Vermittlungsprovision
WoVermittG §§ 1, 2, 3
Stichwörter
Schlagwörter zur Erschließung
Vermittlungsprovision; Vermittlungsgebühr; Auslagenerstattung; Wohnungsvermittlungsgesetz
Leitsätze
häufig von der Redaktion verfasst
Der gewerbsmäßige, als Vertreter der Vermieterseite abschließende Hausverwalter unterfällt den Regelungen des Wohnungsvermittlungsgesetzes. Er hat grundsätzlich keine Ansprüche gegen den Mieter auf Vermittlungsprovision und auf Auslagenerstattung für den Vertragsabschluß.
Sachverhalt
Wortlaut des Gerichts
Die Kl. beschäftigt sich gewerbsmäßig mit der Verwaltung von Häusern und schloß in diesem Zusammenhang einen Mietvertrag mit dem Bekl. über eine von diesem bis zum heutigen Tage genutzte Wohnung in der D.-Str.

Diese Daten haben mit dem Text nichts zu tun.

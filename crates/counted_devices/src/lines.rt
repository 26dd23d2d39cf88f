//! Cutting bytes at ends of lines.
ghost use Rattle.std.specs.Prelude.{◌≡◌, ◌<◌, ◌≤◌, length, take, drop, map, slice_index, MatchOption, IfOk};
ghost use Rattle.counted_devices.specs.Cuts.{HasNoEnd, IsFirstEnd, Divides};

use memchr::{memchr, memrchr};
use std::alloc::Global;
use tag::Memory;

/// The byte that ends a line.
const END: u8 = 10;

/// The most bytes of a line, its end not counted.
pub const LONGEST: usize = 65_536;

/// How many bytes of lines are worth a chunk of their own.
const CHUNK: usize = 65_536;

/// Bytes as chunks of whole lines, each of which had its end, and a rest without one.
#[derive(Debug, Drop)]
pub struct Cut<'a> {
    pub chunks: Vec<&'a [u8]>,
    pub rest: &'a [u8],
}

/// The place of the first end of a line.
pub fn first_end(bytes: &[u8]) -> Option<usize>
    ensures { MatchOption result (HasNoEnd bytes.now)
        (λ i. (i < length bytes.now) × HasNoEnd (take i bytes.now)
        × (slice_index bytes.now i ≡ 10)) }
{
    memchr(END, bytes)
}

/// The place of the first end of a line from there on.
fn end_from(bytes: &[u8], from: usize) -> Option<usize>
    requires { from ≤ length bytes.now }
    ensures { MatchOption result (HasNoEnd (drop from bytes.now)) (IsFirstEnd bytes.now from) }
{
    let end = first_end(&bytes[from..])?;
    Some(from + end)
}

/// The place of the last end of a line.
fn last_end(bytes: &[u8]) -> Option<usize>
    ensures { MatchOption result (HasNoEnd bytes.now)
        (λ i. (i < length bytes.now) × (slice_index bytes.now i ≡ 10)) }
{
    memrchr(END, bytes)
}

/// The place of the first end of a line after a chunk's bytes, or else of the last end.
fn chunk_end(bytes: &[u8]) -> Option<usize>
    ensures { MatchOption result (HasNoEnd bytes.now)
        (λ i. (i < length bytes.now) × (slice_index bytes.now i ≡ 10)) }
{
    if bytes.len() > CHUNK {
        if let Some(end) = end_from(bytes, CHUNK) {
            return Some(end);
        }
    }
    last_end(bytes)
}

/// Cuts the bytes into chunks of whole lines.
pub fn cut_chunks(alloc: Global, bytes: &[u8]) -> Result<Cut<'_>, Memory>
    ensures { IfOk result (λ found. Divides bytes.now
        (map (λ chunk. chunk.now) found.chunks.items) found.rest.now) }
{
    let mut chunks = Vec::new(alloc);
    let mut rest = bytes;
    while let Some(end) = chunk_end(rest) {
        chunks.push(&rest[..end])?;
        rest = &rest[end + 1..];
    }
    Ok(Cut { chunks, rest })
}
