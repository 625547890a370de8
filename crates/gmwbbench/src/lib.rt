// The call for the benchmark: a valuation with no table. It is no part of the library for C hosts.
#![tactic(auto)]

ghost use Rattle.gmwbbench.specs.Told.{NoTableTold};

use input::Input;

// A twin of gmwb's call of this name, in an archive of its own: its C interface tells the value alone.
#[unsafe(no_mangle)]
pub extern "C" fn gmwb_value_no_table(
    bytes: &[u8],
    list: &[u8],
    rates: &[u8],
    behaviour: u64,
    work: &mut [u64],
    value: &mut u64,
) -> u32
    ensures { NoTableTold (record { bytes = bytes.entry.now; list = list.now; rates = rates.now }) behaviour
        work.old result value.new work.new }
{
    let input = Input { bytes, list, rates };
    match valuing::value_no_table(input, behaviour as usize, work) {
        Ok(valuation) => {
            *value = valuation.value;
            0
        }
        Err(refusal) => {
            *value = 0;
            refusal.number()
        }
    }
}
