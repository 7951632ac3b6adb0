//! Kinds of bytes, and where a run of one kind ends.
ghost use Rattle.std.specs.Prelude.{◌≡◌, ℕ, ◌≤◌, Bool, length};
ghost use Rattle.attrs.specs.Bytes.{white, quote, key_byte, Tells, Run};

/// Whether a byte is white space: space, tab, line feed or carriage return.
pub(crate) fn is_white(byte: u8) -> bool
    ensures { result ≡ white byte }
{
    // Comparisons, since a check is slower by a third with `matches!`, which was tried.
    byte == b' ' || byte == b'\t' || byte == b'\n' || byte == b'\r'
}

/// Whether a byte is a quote, single or double.
pub(crate) fn is_quote(byte: u8) -> bool
    ensures { result ≡ quote byte }
{
    matches!(byte, b'"' | b'\'')
}

/// Whether a key may hold the byte: it is no white space, no quote and no `=`.
pub(crate) fn is_key_byte(byte: u8) -> bool
    ensures { result ≡ key_byte byte }
{
    !(is_white(byte) || is_quote(byte) || byte == b'=')
}

/// The end of the run of bytes that pass the test, which begins at `from`.
pub(crate) fn run_end<F: Fn(u8) -> bool>(bytes: &[u8], from: usize, test: F) -> usize
    requires callable { F.IsAlwaysCallable test }
    requires inside { from ≤ length bytes.now }
    ensures low { from ≤ result }
    ensures high { result ≤ length bytes.now }
    ensures run { (passes : ℕ → Bool) → Tells (F.post test) passes → Run passes bytes.now from result }
{
    // A loop, since `position` takes up to twice the time over a long value.
    let mut at = from;
    while at < bytes.len() && test(bytes[at]) {
        at += 1;
    }
    at
}
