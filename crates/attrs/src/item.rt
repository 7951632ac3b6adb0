//! One item of attribute text, and reading it.
ghost use Rattle.std.specs.Prelude.{◌≡◌, ℕ, ◌+◌, ◌-◌, ◌<◌, ◌≤◌, List, length, take, drop, IfSome, IfOk};
ghost use Rattle.std.specs.Option as options;
ghost use Rattle.std.specs.Result as results;
ghost use Rattle.attrs.specs.Grammar.{Keyed, Quoted, Apart};
ghost use Rattle.attrs.specs.Flaws.{ValueFlaw};

use crate::bytes::{is_key_byte, is_quote, is_white, run_end};
use crate::fault::Flaw;
use std::ops::Range;

/// An item: its key, its value without the quotes, and the places of both in the text.
#[derive(Clone, Copy, Debug, PartialEq, Eq)]
pub struct Item<'t> {
    pub key: &'t [u8],
    pub value: &'t [u8],
    pub key_place: usize,
    pub value_place: usize,
}

/// Where a key ends, and where its `=` stands.
#[derive(Clone, Copy)]
pub(crate) struct KeyBounds {
    pub(crate) end: usize,
    pub(crate) equals: usize,
}

/// The bounds of the key that begins at `start`; none where there is no key with an `=` after it.
// The bytes and a place in them, and no slice from there on, since what is answered are places too.
pub(crate) fn key_bounds(bytes: &[u8], start: usize) -> Option<KeyBounds>
    requires { start ≤ length bytes.now }
    ensures within { IfSome result (λ k. (start ≤ k.end) × (k.end ≤ k.equals) × (k.equals < length bytes.now)) }
    ensures keyed { options.MatchOption result ((key : List ℕ) (after : List ℕ) → Keyed (drop start bytes.now) key after → ⊥) (λ k. Keyed (drop start bytes.now) (take (k.end - start) (drop start bytes.now)) (drop (k.equals + 1) bytes.now)) }
{
    let end = run_end(bytes, start, is_key_byte);
    let equals = run_end(bytes, end, is_white);
    if end == start || bytes.get(equals) != Some(&b'=') {
        return None;
    }
    Some(KeyBounds { end, equals })
}

/// The bounds, without its quotes, of the value that follows an `=`, from the byte after it on.
pub(crate) fn value_bounds(bytes: &[u8], from: usize) -> Result<Range<usize>, Flaw>
    requires { from ≤ length bytes.now }
    ensures within { IfOk result (λ v. (from < v.start) × (v.start ≤ v.end) × (v.end < length bytes.now)) }
    ensures quoted { results.MatchResult result (λ v. Quoted (drop from bytes.now) (take (v.end - v.start) (drop v.start bytes.now)) (drop (v.end + 1) bytes.now)) (λ flaw. ValueFlaw (drop from bytes.now) flaw) }
    ensures apart { IfOk result (λ v. Apart (drop (v.end + 1) bytes.now)) }
{
    let open = run_end(bytes, from, is_white);
    let mark = bytes
        .get(open)
        .copied()
        .filter(|byte| is_quote(*byte))
        .ok_or(Flaw::NoQuote)?;
    let start = open + 1;
    let end = run_end(bytes, start, |byte| byte != mark);
    if end == bytes.len() {
        return Err(Flaw::NotClosed);
    }
    if bytes.get(end + 1).is_some_and(|byte| !is_white(*byte)) {
        return Err(Flaw::NoSpace);
    }
    Ok(start..end)
}
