//! What can be wrong with attribute text.
ghost use Rattle.std.specs.Prelude.{◌≡◌, Some};
ghost use Rattle.attrs.specs.Refusals.{flaw_number, flaw_words, fault_text};

use std::error::Error;
use std::fmt;

/// What is wrong with an item.
#[derive(Clone, Copy, Debug, PartialEq, Eq)]
pub enum Flaw {
    /// It does not begin with a key and an `=`.
    BadKey,
    /// Neither white space nor the end follows its value.
    NoSpace,
    /// No quote follows its `=`.
    NoQuote,
    /// Its value is not closed.
    NotClosed,
    /// Its key stands in an earlier item.
    Repeated,
}

/// The first fault of attribute text: what is wrong, and the place in the text where the faulty item
/// begins.
#[derive(Clone, Copy, Debug, PartialEq, Eq)]
pub struct Fault {
    pub flaw: Flaw,
    pub place: usize,
}

impl Flaw {
    /// The number of the refusal, by which the project's rules name it.
    pub fn number(&self) -> u32
        ensures { result ≡ flaw_number self.now }
    {
        match *self {
            Flaw::BadKey | Flaw::NoSpace => 4,
            Flaw::NoQuote => 5,
            Flaw::NotClosed => 6,
            Flaw::Repeated => 7,
        }
    }

    /// What is wrong, in words.
    pub fn words(&self) -> &'static str
        ensures { result.now ≡ flaw_words self.now }
    {
        match *self {
            Flaw::BadKey => "no key with = after it",
            Flaw::NoSpace => "no white space after the value",
            Flaw::NoQuote => "no quote after =",
            Flaw::NotClosed => "the value is not closed",
            Flaw::Repeated => "the key stands in an earlier item",
        }
    }
}

// By hand, since a derive (thiserror) would promise nothing of what is printed.
impl fmt::Display for Fault {
    ghost output = { λ x. Some (fault_text x) };

    fn fmt<W: fmt::Write>(&self, f: &mut fmt::Formatter<W>) -> fmt::Result {
        let number = self.flaw.number();
        let place = self.place;
        let words = self.flaw.words();
        write!(f, "refused {number} at byte {place} ({words})")
    }
}

impl Error for Fault {}
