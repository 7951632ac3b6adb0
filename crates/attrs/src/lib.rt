//! Attribute text: the items of an element, their checks, and look-up of a key.
#![tactic(auto)]

mod attributes;
mod bytes;
mod fault;
mod item;
mod seen;

pub use attributes::Attributes;
pub use fault::{Fault, Flaw};
pub use item::Item;
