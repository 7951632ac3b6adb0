//! Attribute text, read item by item.
ghost use Rattle.std.specs.Prelude.{◌≡◌, ℕ, ◌+◌, ◌^◌, ◌<◌, ◌≤◌, List, length, take, drop, Decides};
ghost use Rattle.std.specs.Option as options;
ghost use Rattle.attrs.specs.Grammar.{Attribute, First, Front, Has, WellFormed};
ghost use Rattle.attrs.specs.Items.{left, attribute_of, Next, OneFirst, Found, LookUp, Checked, Unambiguous};

use crate::bytes::{is_white, run_end};
use crate::fault::{Fault, Flaw};
use crate::item::{Item, key_bounds, value_bounds};
use crate::seen::{key_number, note};

/// The attribute text of an element, or what is left of it: the text that it is a part of, up to
/// its end, and the place of its first byte.
// No `impl Model` with what is left as its value: a `Copy` struct with a lifetime can have none. No ghost
// field that the place lies inside: with it, which was tried, a check is slower by a tenth.
#[derive(Clone, Copy)]
pub struct Attributes<'t> {
    text: &'t [u8],
    place: usize,
}

impl<'t> Attributes<'t> {
    /// The part of the text at that place with so many bytes; none where it is not inside the text.
    pub fn part(text: &'t [u8], place: usize, count: usize) -> Option<Attributes<'t>>
        ensures { options.MatchOption result (length text.now < place + count) (λ a. (place + count ≤ length text.now) × (left a ≡ take count (drop place text.now)) × (a.place ≡ place)) }
    {
        let end = place.checked_add(count)?;
        Some(Attributes {
            text: text.get(..end)?,
            place,
        })
    }

    /// Takes the next item off the front; none at the end. A faulty item is refused, and stays.
    // No `Iterator`: a faulty item stays, so a `for` over the items would refuse it again for ever.
    #[tactic(auto, using(crate::proofs::Uniqueness::one_first))]
    pub fn next(&mut self) -> Result<Option<Item<'t>>, Fault>
        ensures text { self.new.text ≡ self.old.text }
        ensures next { Next self.old.place (left self.old) result self.new.place (left self.new) }
        ensures one { OneFirst self.old.place (left self.old) }
    {
        let text = self.text;
        if self.place >= text.len() {
            return Ok(None);
        }
        let place = run_end(text, self.place, is_white);
        if place == text.len() {
            return Ok(None);
        }
        let key = key_bounds(text, place).ok_or(Fault {
            flaw: Flaw::BadKey,
            place,
        })?;
        let value = value_bounds(text, key.equals + 1).map_err(|flaw| Fault { flaw, place })?;
        self.place = value.end + 1;
        Ok(Some(Item {
            key: &text[place..key.end],
            key_place: place,
            value_place: value.start,
            value: &text[value],
        }))
    }

    /// The first item with that key, prefix included, of those that can be read.
    pub fn find(&self, key: &[u8]) -> Option<Item<'t>>
        ensures found { Found self.now.place (left self.now) key.now result }
        ensures among { (items : List Attribute) → WellFormed self.now.place (left self.now) items → LookUp key.now items result }
    {
        let mut rest = *self;
        while let Ok(Some(item)) = rest.next() {
            if item.key == key {
                return Some(item);
            }
        }
        None
    }

    /// Checks all items: the first faulty one, in their order, is refused.
    #[tactic(auto, using(crate::proofs::Checking::unambiguous))]
    pub fn check(&self) -> Result<(), Fault>
        ensures checked { Checked self.now.place (left self.now) result }
        ensures unambiguous { Unambiguous self.now.place (left self.now) }
    {
        if self.text.len().saturating_sub(self.place) < LONG {
            check_with::<16>(self)
        } else {
            check_with::<32768>(self)
        }
    }
}

/// From so many bytes on, attribute text is checked with a filter for very many keys.
const LONG: usize = 2048;

/// Whether an item that stands in the text repeats the key of an earlier one.
fn repeats(attributes: &Attributes<'_>, item: &Item<'_>) -> bool
    ensures { (items : List Attribute) (end : ℕ) (rest : List ℕ) (next : List ℕ) → Front attributes.now.place (left attributes.now) items end rest → First end rest (attribute_of item.now) next → Decides result (Has item.now.key.now items) }
{
    matches!(attributes.find(item.key), Some(first) if first.key_place < item.key_place)
}

/// Checks all items, with a filter of keys of so many words.
fn check_with<const WORDS: usize>(attributes: &Attributes<'_>) -> Result<(), Fault>
    requires some { 0 < WORDS }
    requires few { WORDS < 2 ^ 32 }
    ensures { Checked attributes.now.place (left attributes.now) result }
{
    check_items(attributes, &mut [0; WORDS])
}

/// Checks all items, with memory for a filter of keys.
// The words are a slice, since a check is slower by a seventh with a copy of the loop for each size.
fn check_items(attributes: &Attributes<'_>, words: &mut [u64]) -> Result<(), Fault>
    requires { 0 < length words.old }
    ensures { Checked attributes.now.place (left attributes.now) result }
{
    let mut rest = *attributes;
    while let Some(item) = rest.next()? {
        if note(words, key_number(item.key)) && repeats(attributes, &item) {
            return Err(Fault {
                flaw: Flaw::Repeated,
                place: item.key_place,
            });
        }
    }
    Ok(())
}
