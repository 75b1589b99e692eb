// Sets of letters that stand one behind the other, 64 at most: bit x of a word is for the letter x places behind the first.

ghost use Rattle.std.specs.Prelude.{Bool, not, ◌&&◌, ◌≡◌, ℕ, ◌+◌, ◌-◌, ◌≤◌, ◌<◌, eqb};
ghost use Rattle.shape.specs.Sets.{has, Passing};
ghost use Rattle.shape.specs.Lowest.{Lowest};

// The set, if the test holds.
pub(crate) fn kept(test: bool, set: u64) -> u64
    ensures { (x : ℕ) → has x result ≡ test && has x set }
{
    if test { set } else { 0 }
}

// The letters of a set that another has not.
pub(crate) fn without(set: u64, other: u64) -> u64
    ensures { (x : ℕ) → has x result ≡ not (has x other) && has x set }
{
    set ^ (set & other)
}

// One letter, where it is one of the 64 from `first` on.
pub(crate) fn one(letter: usize, first: usize) -> u64
    ensures { Passing (eqb letter) first (first + 64) result }
{
    if letter < first {
        return 0;
    }
    let place = letter - first;
    if 64 <= place {
        return 0;
    }
    1 << place
}

// The set of one letter more in front, which is in it if the test holds.
pub(crate) fn in_front(test: bool, set: u64) -> u64
    ensures { (has 0 result ≡ test) × ((x : ℕ) → x < 63 → has (x + 1) result ≡ has x set) }
{
    let moved = set << 1;
    if test { moved | 1 } else { moved }
}

// The lowest letter of a set, whose letters are those from `first` on, if one is below `stop`.
fn lowest_in(set: u64, first: usize, stop: usize) -> Option<usize>
    requires { (first < stop) × (stop ≤ first + 64) }
    ensures { Lowest (λ i. has (i - first) set) first stop result }
{
    let place = set.trailing_zeros() as usize;
    if place < stop - first {
        Some(first + place)
    } else {
        None
    }
}

// The lowest letter from `first` on and below `end` that passes a test: `passing` has those that pass, of the letters from one on and below another.
pub(crate) fn lowest_by<F: Fn(usize, usize) -> u64>(
    first: usize,
    end: usize,
    passing: F,
) -> Option<usize>
    requires { F.IsAlwaysCallable passing }
    ensures { (test : ℕ → Bool) → ((from stop set : ℕ) → F.post passing from stop set → stop ≤ from + 64 → Passing test from stop set) → Lowest test first end result }
{
    for from in (first..end).step_by(64) {
        let stop = from + (end - from).min(64);
        let set = passing(from, stop);
        if let Some(letter) = lowest_in(set, from, stop) {
            return Some(letter);
        }
    }
    None
}
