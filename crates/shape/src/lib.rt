// Rules 11 (docs/REFERENCE.md, S12) and 12 (S13) for one monitor, on the rows of the table, each of which is a word. Its letters are asked 64 at a time, and each time its rows are walked once.
#![tactic(auto)]

ghost use Rattle.std.specs.Prelude.{◌≡◌};
ghost use Rattle.shape.specs.Walk.{kinds, lefts, rights};
ghost use Rattle.shape.specs.Judge.{judge_of, shown_judged};

mod ends;
mod sets;
mod sides;
mod walk;

/// Which of the two rules a monitor breaks, and the letter at fault by its number in the monitor.
#[derive(Clone, Copy, Debug, PartialEq, Eq)]
pub enum Fault {
    // It ends a thread and can also be followed inside it.
    OpenEnd(usize),
    // It stands side by side with a letter that some word meets together with it.
    Fork(usize),
}

/// Judges the monitor whose own row is `row`. Its letters are those from `first` on and below `end`, of all that the table has.
pub fn judge(
    table: &[u64; 1024],
    look: &[u64; 256],
    want: &[u64; 256],
    row: usize,
    first: usize,
    end: usize,
) -> Result<(), Fault>
    ensures { shown_judged result ≡ judge_of (kinds table.now) (lefts table.now) (rights table.now) look.now want.now row first end }
{
    if let Some(open) = ends::lowest_open(table, row, first, end) {
        return Err(Fault::OpenEnd(open - first));
    }
    if let Some(fork) = sides::lowest_fork(table, look, want, row, first, end) {
        return Err(Fault::Fork(fork - first));
    }
    Ok(())
}
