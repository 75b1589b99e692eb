// Rule 12: two letters side by side whose wire literals one word meets. For one letter its rivals are the others that one word meets together with it; it is at fault
// where it stands side by side with a rival. What a part has of both is made of what its operands have of them, and is made for up to 64 letters at a time, with a set in place of
// each test.

ghost use Rattle.std.specs.Prelude.{not, ◌&&◌, ◌≡◌, ℕ, ◌+◌, ◌≤◌, ◌<◌, false, eqb};
ghost use Rattle.shape.specs.Walk.{kinds, lefts, rights};
ghost use Rattle.shape.specs.Sets.{has, Passing};
ghost use Rattle.shape.specs.Sides.{Sides, letter_sides, linked, seq_sides, alt_sides, star_sides, pipe_sides, rivals, sides_of, fork_at};
ghost use Rattle.shape.specs.Lowest.{Lowest};

use super::sets::{in_front, kept, lowest_by, one, without};
use super::walk::{Summary, walk};
use masks::compatible;
use words::word_at;

// What a part has of letters and their rivals: whether the part is nullable; the letters that can come first in it, and those of which a rival can; the letters that can come
// next after one of those that can come last in it, and those of which a rival can; and the letters that come first in a thread of it together with a rival, or next after the same
// letter.
#[derive(Clone, Copy)]
pub(crate) struct SideSets {
    pub nullable: bool,
    pub first_own: u64,
    pub first_rival: u64,
    pub next_own: u64,
    pub next_rival: u64,
    pub fork: u64,
}

// A letter, by the set that has it alone and the set of those whose rival it is.
fn letter_sides(own: u64, rival: u64) -> SideSets
    ensures { (x : ℕ) → sides_of x result ≡ letter_sides (has x own) (has x rival) }
{
    SideSets {
        nullable: false,
        first_own: own,
        first_rival: rival,
        next_own: 0,
        next_rival: 0,
        fork: 0,
    }
}

// What comes first in f comes next after what comes last in e: the letters that this has side by side with a rival.
fn linked(e: SideSets, f: SideSets) -> u64
    ensures { (x : ℕ) → has x result ≡ linked (sides_of x e) (sides_of x f) }
{
    (f.first_own & (e.next_rival | f.first_rival)) | (f.first_rival & e.next_own)
}

impl Summary for SideSets {
    ghost One = { Sides };

    ghost of = { sides_of };

    ghost nothing_of = { letter_sides false false };

    ghost seq_of = { seq_sides };

    ghost alt_of = { alt_sides };

    ghost star_of = { star_sides };

    ghost pipe_of = { pipe_sides };

    fn nothing() -> SideSets {
        letter_sides(0, 0)
    }

    fn seq(self, f: SideSets) -> SideSets {
        SideSets {
            nullable: self.nullable & f.nullable,
            first_own: self.first_own | kept(self.nullable, f.first_own),
            first_rival: self.first_rival | kept(self.nullable, f.first_rival),
            next_own: f.next_own | kept(f.nullable, self.next_own | f.first_own),
            next_rival: f.next_rival | kept(f.nullable, self.next_rival | f.first_rival),
            fork: self.fork | (f.fork | linked(self, f)),
        }
    }

    fn alt(self, f: SideSets) -> SideSets {
        SideSets {
            nullable: self.nullable | f.nullable,
            first_own: self.first_own | f.first_own,
            first_rival: self.first_rival | f.first_rival,
            next_own: self.next_own | f.next_own,
            next_rival: self.next_rival | f.next_rival,
            fork: self.fork | f.fork,
        }
    }

    fn star(self) -> SideSets {
        SideSets {
            nullable: true,
            first_own: self.first_own,
            first_rival: self.first_rival,
            next_own: self.next_own | self.first_own,
            next_rival: self.next_rival | self.first_rival,
            fork: self.fork | linked(self, self),
        }
    }

    fn pipe(self, f: SideSets) -> SideSets {
        SideSets {
            nullable: false,
            first_own: self.first_own,
            first_rival: self.first_rival,
            next_own: self.next_own,
            next_rival: self.next_rival,
            fork: (f.first_own & f.first_rival) | (self.fork | f.fork),
        }
    }
}

// Where the letters from `first` on that have masks end: at `stop`, if no letter below it has none.
fn masks_end(first: usize, stop: usize) -> usize
    ensures { (first ≤ stop → first ≤ result) × (first < result → result ≤ 256) × (result < stop → 256 ≤ result) }
{
    if stop <= 256 {
        return stop;
    }
    if first <= 256 {
        return 256;
    }
    first
}

// Of the letters from `first` on and below `stop`, 64 at most, those that one word meets together with a letter. A letter without masks is met by each word.
// two arrays side by side and no struct of both: `judge_of` and the table of a watch have them apart, and each clause would tell of such a struct at entry and at exit, which is no plainer
fn met_with(look: &[u64; 256], want: &[u64; 256], letter: usize, first: usize, stop: usize) -> u64
    ensures { Passing (λ i. rivals look.now want.now i letter) first stop result }
{
    let own_look = word_at(look, letter);
    let own_want = word_at(want, letter);
    let mut set = 0xffff_ffff_ffff_ffff;
    let end = masks_end(first, stop);
    for i in (first..end).rev() {
        set = in_front(compatible(look[i], want[i], own_look, own_want), set);
    }
    set
}

// What a letter's row has.
fn letter_at(
    look: &[u64; 256],
    want: &[u64; 256],
    letter: usize,
    first: usize,
    stop: usize,
) -> SideSets
    ensures { (x : ℕ) → x < 64 → first + x < stop → sides_of x result ≡ letter_sides (eqb letter (first + x)) (not (eqb letter (first + x)) && rivals look.now want.now (first + x) letter) }
{
    let own = one(letter, first);
    let met = met_with(look, want, letter, first, stop);
    letter_sides(own, without(met, own))
}

// The letters from `first` on and below `stop`, 64 at most, that are side by side with a rival in the monitor at `row`, whose last letters are followed by its first ones, as in a
// star.
fn forks_from(
    table: &[u64],
    look: &[u64; 256],
    want: &[u64; 256],
    row: usize,
    first: usize,
    stop: usize,
) -> u64
    ensures { Passing (fork_at (kinds table.now) (lefts table.now) (rights table.now) look.now want.now row) first stop result }
{
    let letter = |letter: usize| letter_at(look, want, letter, first, stop);
    let e = walk(table, &letter, 1024, row);
    let again = e.star();
    again.fork
}

// The lowest letter from `first` on and below `end` that is side by side with a rival.
pub(crate) fn lowest_fork(
    table: &[u64],
    look: &[u64; 256],
    want: &[u64; 256],
    row: usize,
    first: usize,
    end: usize,
) -> Option<usize>
    ensures { Lowest (fork_at (kinds table.now) (lefts table.now) (rights table.now) look.now want.now row) first end result }
{
    lowest_by(first, end, |from, stop| {
        forks_from(table, look, want, row, from, stop)
    })
}
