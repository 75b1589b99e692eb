// The walk over the rows of a monitor that makes of each row what its operands come to (specs/Walk.antt), whatever that is.

ghost use Rattle.std.specs.Prelude.{◌≡◌, ℕ};
ghost use Rattle.words.specs.Words.{part0};
ghost use Rattle.shape.specs.Walk.{kinds, lefts, rights, CountsAs, by_operator, walk_at};

use words::{RowKind, part1, part2, word_at};

// What a part comes to, for up to 64 letters at a time. What it says of one of them is made of what its operands say of it.
pub(crate) trait Summary: Copy {
    ghost One: { Type 0 };

    ghost of: { ℕ → Self → One };

    ghost nothing_of: { One };

    ghost seq_of: { One → One → One };

    ghost alt_of: { One → One → One };

    ghost star_of: { One → One };

    ghost pipe_of: { One → One → One };

    // No letter.
    fn nothing() -> Self
        ensures { (x : ℕ) → of x result ≡ nothing_of };

    // `e , f`
    fn seq(self, f: Self) -> Self
        ensures { (x : ℕ) → of x result ≡ seq_of (of x self) (of x f) };

    // `e || f`
    fn alt(self, f: Self) -> Self
        ensures { (x : ℕ) → of x result ≡ alt_of (of x self) (of x f) };

    // `e*`
    fn star(self) -> Self
        ensures { (x : ℕ) → of x result ≡ star_of (of x self) };

    // `e @ f`: f is a thread.
    fn pipe(self, f: Self) -> Self
        ensures { (x : ℕ) → of x result ≡ pipe_of (of x self) (of x f) };
}

// What the row with this word is. One of no kind counts as an `@`.
fn kind_of(word: u64) -> RowKind
    ensures { CountsAs result (part0 word) }
{
    RowKind::of(word).unwrap_or(RowKind::Pipe)
}

// What a row comes to, by what each letter does. `fuel` bounds how deep the walk goes.
pub(crate) fn walk<S: Summary, L: Fn(usize) -> S>(
    table: &[u64],
    letter: &L,
    fuel: usize,
    row: usize,
) -> S
    requires { L.IsAlwaysCallable letter.now }
    ensures { (x : ℕ) (own : ℕ → S.One) → ((a : ℕ) (s : S) → L.post letter.now a s → S.of x s ≡ own a) → S.of x result ≡ walk_at (kinds table.now) (lefts table.now) (rights table.now) S.nothing_of own S.star_of (λ k e f. by_operator k (S.seq_of e f) (S.alt_of e f) (S.pipe_of e f)) fuel row }
{
    if fuel == 0 {
        return S::nothing();
    }
    let head = word_at(table, row);
    let left = part1(head);
    let right = part2(head);
    let below = fuel - 1;
    let kind = kind_of(head);
    if kind == RowKind::Letter {
        return letter(left);
    }
    let e = walk(table, letter, below, left);
    if kind == RowKind::Star {
        return e.star();
    }
    let f = walk(table, letter, below, right);
    match kind {
        RowKind::Sequence => e.seq(f),
        RowKind::Alternative => e.alt(f),
        _ => e.pipe(f),
    }
}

Anstatt der anläßlich von Vorverhandlungen geforderten zwei Monatsmieten Provision verlangt die Kl. Bearbeitungsgebühren in Höhe von 228 DM. Die Bekl. habe sich bereit erklärt, die Bearbeitungskosten zu tragen. Gleichzeitig sei, was vom Bekl. nicht bestritten wird, schriftlich über den Betrag der Bearbeitungsgebühr Rechnung erteilt worden. Hierbei handele es sich um eine Kostenpauschale für ihre notwendigen Auslagen bei Abschluß des Mietvertrages wie etwa Kosten für die Gestellung von Mitarbeitern oder das Anfertigen eines Mietvertrages, welche nicht durch die seitens des Vermieters gezahlten Hausverwalterhonorare gedeckt seien. (...)
Aus den Gründen
Wortlaut des Gerichts
Die Klage ist unbegründet. Der Kl. steht nämlich weder ein Anspruch auf Provisionszahlung zu, noch kann sie vom Bekl. eine Vergütung für die von ihr anläßlich der Wohnungsvermittlung aufgewandten Kosten verlangen.
Die Kl. beschäftigt sich gewerbsmäßig mit dem Abschluß von Mietverträgen auf Vermieterseite. Sie ist somit Wohnungsvermittler gemäß § 1 I WoVermittG. Die Vorschriften dieses Gesetzes finden daher im vorliegenden Fall Anwendung.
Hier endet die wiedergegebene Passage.